◆ **How to complete this task**:
Only those lines in the data below from the line containing "pub(crate) mod net_numbers;" through the line containing "filename crates/door_play/src/whole.rt", both included, should be restated word for word.

Records excerpted from a collection
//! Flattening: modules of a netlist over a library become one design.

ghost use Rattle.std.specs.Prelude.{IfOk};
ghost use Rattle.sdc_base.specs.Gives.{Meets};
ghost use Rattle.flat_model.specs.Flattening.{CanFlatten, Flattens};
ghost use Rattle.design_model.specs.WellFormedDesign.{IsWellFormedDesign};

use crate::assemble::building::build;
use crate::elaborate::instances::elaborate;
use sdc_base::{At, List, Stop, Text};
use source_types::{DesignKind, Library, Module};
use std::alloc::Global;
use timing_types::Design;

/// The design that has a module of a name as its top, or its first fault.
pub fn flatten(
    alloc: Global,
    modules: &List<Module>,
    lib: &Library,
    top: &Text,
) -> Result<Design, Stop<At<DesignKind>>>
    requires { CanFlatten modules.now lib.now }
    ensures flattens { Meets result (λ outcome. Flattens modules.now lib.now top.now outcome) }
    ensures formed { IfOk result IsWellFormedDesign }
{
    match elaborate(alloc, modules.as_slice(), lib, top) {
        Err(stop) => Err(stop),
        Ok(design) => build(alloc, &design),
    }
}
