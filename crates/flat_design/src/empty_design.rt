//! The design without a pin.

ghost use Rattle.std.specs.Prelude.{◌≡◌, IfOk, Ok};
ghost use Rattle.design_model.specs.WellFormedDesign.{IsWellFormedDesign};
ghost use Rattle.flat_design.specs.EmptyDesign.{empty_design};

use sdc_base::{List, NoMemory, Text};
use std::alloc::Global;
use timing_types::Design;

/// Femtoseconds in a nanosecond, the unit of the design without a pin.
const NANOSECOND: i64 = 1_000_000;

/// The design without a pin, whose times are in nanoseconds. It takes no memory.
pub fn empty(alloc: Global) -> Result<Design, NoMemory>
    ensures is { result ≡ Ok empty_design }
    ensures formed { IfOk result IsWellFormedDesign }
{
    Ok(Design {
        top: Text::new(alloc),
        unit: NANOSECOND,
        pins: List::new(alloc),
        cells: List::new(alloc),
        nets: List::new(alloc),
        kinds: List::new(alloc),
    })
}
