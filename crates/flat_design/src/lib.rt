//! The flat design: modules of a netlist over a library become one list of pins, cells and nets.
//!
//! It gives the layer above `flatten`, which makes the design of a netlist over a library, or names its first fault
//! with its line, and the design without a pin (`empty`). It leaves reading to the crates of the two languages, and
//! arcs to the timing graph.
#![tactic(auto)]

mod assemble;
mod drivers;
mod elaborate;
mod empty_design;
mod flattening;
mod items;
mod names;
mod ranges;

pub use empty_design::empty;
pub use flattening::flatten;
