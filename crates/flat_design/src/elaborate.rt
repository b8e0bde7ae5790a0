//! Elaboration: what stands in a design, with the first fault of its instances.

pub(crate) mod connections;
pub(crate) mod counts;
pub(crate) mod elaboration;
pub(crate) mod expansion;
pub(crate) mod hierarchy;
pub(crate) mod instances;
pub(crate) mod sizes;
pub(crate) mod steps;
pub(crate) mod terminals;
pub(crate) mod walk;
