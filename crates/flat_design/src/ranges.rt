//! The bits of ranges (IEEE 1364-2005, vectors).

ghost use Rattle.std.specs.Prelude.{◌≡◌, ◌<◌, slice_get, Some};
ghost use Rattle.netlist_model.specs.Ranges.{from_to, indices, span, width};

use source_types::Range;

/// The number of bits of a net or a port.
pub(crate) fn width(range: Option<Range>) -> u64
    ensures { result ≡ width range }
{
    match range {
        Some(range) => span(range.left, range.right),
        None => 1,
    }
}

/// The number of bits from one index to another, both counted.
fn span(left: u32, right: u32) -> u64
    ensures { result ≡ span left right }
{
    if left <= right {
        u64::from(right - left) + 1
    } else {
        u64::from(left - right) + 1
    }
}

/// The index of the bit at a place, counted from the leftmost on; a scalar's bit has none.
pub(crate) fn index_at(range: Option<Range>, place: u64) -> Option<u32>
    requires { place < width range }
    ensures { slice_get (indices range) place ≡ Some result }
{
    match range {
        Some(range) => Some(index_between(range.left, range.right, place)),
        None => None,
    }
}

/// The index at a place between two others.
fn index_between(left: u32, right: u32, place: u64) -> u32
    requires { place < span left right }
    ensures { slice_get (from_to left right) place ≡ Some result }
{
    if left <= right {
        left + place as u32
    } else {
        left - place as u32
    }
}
---
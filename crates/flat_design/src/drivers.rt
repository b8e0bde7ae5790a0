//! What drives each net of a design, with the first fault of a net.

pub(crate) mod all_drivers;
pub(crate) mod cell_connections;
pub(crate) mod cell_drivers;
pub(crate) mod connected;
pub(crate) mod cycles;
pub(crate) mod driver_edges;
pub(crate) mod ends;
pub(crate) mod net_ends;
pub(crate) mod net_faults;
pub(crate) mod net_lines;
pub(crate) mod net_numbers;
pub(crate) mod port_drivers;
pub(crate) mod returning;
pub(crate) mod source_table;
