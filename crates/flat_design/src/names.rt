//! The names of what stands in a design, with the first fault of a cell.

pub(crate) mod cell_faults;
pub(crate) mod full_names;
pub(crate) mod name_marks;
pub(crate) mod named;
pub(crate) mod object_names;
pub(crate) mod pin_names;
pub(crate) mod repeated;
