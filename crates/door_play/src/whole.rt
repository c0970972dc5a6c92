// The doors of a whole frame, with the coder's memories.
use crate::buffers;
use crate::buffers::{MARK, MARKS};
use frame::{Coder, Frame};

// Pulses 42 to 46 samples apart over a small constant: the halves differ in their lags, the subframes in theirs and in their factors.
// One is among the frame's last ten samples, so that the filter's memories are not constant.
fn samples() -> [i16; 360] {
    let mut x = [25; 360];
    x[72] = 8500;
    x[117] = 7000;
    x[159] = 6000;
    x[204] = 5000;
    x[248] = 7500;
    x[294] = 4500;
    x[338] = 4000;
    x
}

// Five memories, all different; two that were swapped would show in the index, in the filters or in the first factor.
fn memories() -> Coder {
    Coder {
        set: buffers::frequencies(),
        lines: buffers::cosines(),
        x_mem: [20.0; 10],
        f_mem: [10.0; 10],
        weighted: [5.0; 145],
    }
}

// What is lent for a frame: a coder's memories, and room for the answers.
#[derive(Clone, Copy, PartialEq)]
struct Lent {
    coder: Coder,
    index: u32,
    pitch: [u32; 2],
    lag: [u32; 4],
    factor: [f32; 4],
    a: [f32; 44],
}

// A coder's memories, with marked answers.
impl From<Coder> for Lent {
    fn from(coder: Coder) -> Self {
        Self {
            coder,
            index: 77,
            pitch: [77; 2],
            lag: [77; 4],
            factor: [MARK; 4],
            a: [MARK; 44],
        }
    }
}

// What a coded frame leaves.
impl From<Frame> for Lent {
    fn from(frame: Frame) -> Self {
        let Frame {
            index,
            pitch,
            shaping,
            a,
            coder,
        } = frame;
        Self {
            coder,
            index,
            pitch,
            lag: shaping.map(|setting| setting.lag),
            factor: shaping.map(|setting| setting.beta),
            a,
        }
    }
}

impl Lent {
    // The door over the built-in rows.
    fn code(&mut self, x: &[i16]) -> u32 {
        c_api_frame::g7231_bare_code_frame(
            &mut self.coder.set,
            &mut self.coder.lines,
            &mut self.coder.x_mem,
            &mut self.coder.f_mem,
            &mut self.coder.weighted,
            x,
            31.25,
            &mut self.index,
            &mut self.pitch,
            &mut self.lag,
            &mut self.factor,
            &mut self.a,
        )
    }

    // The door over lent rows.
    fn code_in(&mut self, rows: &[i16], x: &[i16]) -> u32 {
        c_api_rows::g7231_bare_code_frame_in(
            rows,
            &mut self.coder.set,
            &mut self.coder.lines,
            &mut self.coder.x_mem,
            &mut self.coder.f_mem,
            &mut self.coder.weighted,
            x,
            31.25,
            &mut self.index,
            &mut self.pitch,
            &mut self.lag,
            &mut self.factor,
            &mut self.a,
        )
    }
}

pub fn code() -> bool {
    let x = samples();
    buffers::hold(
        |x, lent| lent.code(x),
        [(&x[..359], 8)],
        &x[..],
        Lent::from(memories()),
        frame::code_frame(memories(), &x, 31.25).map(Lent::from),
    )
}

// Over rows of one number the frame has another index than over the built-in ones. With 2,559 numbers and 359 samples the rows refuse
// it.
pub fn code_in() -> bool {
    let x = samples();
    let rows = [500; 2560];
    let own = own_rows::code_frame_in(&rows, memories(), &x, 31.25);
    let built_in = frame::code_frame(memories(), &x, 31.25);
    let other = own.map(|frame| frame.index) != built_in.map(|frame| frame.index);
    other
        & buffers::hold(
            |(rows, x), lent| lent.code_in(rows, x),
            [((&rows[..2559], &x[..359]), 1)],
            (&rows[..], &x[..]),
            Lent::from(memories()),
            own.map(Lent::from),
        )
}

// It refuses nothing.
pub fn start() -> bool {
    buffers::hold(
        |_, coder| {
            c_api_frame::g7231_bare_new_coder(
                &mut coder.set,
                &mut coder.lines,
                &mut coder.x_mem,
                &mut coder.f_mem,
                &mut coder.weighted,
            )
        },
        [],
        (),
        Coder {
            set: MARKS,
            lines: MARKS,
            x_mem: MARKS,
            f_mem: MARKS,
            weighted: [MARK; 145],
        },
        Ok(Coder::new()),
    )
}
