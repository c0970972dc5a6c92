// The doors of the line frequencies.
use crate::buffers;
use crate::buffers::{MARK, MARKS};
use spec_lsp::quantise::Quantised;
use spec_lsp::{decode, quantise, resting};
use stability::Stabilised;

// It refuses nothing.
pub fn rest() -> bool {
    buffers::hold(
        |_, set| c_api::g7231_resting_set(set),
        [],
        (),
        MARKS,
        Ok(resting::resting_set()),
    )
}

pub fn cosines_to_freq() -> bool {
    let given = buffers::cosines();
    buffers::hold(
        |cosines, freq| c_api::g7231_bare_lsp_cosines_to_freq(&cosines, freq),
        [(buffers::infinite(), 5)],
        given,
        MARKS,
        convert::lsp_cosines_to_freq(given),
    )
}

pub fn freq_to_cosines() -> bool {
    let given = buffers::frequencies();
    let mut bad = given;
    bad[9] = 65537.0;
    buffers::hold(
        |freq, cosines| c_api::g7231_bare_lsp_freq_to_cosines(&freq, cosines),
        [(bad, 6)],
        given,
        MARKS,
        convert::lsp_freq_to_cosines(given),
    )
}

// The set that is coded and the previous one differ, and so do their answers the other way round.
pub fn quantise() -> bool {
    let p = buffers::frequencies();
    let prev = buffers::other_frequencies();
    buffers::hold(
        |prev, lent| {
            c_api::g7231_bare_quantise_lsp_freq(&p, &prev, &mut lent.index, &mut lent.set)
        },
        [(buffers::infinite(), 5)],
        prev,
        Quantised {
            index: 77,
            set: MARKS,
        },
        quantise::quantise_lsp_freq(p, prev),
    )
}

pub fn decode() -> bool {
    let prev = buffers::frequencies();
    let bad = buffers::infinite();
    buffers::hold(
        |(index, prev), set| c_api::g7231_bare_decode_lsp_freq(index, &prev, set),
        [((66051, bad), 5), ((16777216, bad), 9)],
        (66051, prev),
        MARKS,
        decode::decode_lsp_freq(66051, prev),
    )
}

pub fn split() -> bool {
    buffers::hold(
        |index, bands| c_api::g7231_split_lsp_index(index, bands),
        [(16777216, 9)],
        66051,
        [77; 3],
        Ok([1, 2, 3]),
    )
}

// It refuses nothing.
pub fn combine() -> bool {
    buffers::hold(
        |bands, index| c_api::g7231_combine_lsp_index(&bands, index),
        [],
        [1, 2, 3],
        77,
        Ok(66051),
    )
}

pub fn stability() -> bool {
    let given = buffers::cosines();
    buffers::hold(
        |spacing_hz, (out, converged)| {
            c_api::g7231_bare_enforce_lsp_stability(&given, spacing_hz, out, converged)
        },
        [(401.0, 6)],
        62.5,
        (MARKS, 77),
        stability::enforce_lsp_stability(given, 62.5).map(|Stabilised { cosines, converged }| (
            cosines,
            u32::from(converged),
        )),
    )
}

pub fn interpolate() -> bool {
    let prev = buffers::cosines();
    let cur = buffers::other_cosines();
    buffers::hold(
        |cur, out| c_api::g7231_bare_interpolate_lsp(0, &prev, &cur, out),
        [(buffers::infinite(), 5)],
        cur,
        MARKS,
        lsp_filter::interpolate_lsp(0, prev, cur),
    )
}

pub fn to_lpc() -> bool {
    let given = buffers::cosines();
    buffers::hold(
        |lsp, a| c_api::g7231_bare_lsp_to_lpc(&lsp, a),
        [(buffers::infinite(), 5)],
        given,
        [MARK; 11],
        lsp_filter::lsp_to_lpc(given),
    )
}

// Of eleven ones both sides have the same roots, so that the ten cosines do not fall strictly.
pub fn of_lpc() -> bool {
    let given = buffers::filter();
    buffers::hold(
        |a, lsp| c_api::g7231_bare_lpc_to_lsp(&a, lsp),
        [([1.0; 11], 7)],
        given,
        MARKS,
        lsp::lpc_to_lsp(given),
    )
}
--
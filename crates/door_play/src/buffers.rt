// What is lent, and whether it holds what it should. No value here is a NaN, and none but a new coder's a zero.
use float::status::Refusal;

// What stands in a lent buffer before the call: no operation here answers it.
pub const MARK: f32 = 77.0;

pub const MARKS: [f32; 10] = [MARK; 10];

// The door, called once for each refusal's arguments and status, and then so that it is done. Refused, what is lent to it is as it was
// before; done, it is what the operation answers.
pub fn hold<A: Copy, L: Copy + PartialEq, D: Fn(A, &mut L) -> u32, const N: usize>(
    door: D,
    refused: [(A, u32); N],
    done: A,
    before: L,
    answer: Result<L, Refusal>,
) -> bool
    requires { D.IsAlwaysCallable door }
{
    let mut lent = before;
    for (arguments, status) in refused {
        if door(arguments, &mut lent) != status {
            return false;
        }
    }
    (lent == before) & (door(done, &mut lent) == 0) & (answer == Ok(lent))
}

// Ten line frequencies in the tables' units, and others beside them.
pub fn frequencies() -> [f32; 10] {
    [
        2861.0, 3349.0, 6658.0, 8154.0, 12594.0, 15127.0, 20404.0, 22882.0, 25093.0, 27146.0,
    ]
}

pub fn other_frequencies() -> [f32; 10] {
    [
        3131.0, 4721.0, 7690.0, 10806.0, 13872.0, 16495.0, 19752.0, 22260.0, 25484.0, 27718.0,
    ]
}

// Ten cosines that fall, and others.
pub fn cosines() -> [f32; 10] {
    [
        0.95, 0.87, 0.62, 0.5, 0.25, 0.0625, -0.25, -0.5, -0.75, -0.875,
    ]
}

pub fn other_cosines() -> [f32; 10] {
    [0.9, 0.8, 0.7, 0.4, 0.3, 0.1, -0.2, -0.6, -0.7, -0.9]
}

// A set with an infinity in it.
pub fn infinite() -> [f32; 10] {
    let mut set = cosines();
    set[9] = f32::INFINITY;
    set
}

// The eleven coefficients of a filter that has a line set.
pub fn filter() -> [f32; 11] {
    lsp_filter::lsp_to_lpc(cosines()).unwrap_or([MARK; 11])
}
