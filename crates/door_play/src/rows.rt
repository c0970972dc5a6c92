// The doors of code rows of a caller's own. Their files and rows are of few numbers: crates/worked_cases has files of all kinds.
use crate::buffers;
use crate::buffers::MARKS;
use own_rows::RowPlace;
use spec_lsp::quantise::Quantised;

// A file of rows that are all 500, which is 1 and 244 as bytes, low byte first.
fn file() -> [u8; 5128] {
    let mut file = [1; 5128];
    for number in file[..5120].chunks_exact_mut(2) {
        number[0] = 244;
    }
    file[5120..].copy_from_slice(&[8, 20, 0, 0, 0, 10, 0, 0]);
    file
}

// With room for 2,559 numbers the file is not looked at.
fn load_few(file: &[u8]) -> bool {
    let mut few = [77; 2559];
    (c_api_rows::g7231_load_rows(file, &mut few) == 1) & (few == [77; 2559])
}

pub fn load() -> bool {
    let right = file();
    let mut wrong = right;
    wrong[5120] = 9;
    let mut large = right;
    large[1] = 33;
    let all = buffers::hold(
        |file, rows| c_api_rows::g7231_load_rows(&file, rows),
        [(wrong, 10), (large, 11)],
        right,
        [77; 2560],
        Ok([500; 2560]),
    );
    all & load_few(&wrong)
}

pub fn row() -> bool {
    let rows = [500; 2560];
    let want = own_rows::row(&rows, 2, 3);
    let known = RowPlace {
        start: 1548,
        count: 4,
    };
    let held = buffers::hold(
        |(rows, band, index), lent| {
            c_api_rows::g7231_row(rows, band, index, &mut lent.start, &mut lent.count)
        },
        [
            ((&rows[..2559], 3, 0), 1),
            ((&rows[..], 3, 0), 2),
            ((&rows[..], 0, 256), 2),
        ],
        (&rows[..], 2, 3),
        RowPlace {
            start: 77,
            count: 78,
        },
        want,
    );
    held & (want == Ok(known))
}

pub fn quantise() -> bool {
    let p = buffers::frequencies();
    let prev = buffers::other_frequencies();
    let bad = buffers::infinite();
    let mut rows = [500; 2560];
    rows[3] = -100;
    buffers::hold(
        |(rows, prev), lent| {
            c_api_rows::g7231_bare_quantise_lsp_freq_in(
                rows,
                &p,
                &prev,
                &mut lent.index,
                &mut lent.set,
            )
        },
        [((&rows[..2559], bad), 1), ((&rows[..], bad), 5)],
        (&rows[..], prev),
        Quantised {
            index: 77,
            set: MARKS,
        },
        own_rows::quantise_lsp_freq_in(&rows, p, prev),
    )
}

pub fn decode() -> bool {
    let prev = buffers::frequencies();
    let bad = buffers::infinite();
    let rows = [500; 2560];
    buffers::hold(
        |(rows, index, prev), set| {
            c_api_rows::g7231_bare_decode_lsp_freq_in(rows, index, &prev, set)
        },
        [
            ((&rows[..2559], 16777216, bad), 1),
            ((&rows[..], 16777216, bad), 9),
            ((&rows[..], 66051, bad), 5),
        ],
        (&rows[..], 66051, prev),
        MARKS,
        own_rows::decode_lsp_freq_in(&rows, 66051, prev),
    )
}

◆ **Solution below**:
pub(crate) mod net_numbers;
pub(crate) mod port_drivers;
pub(crate) mod returning;
pub(crate) mod source_table;
filename crates/flat_design/src/names.rt
//! The names of what stands in a design, with the first fault of a cell.

pub(crate) mod cell_faults;
pub(crate) mod full_names;
pub(crate) mod name_marks;
pub(crate) mod named;
pub(crate) mod object_names;
pub(crate) mod pin_names;
pub(crate) mod repeated;
filename crates/door_play/src/whole.rt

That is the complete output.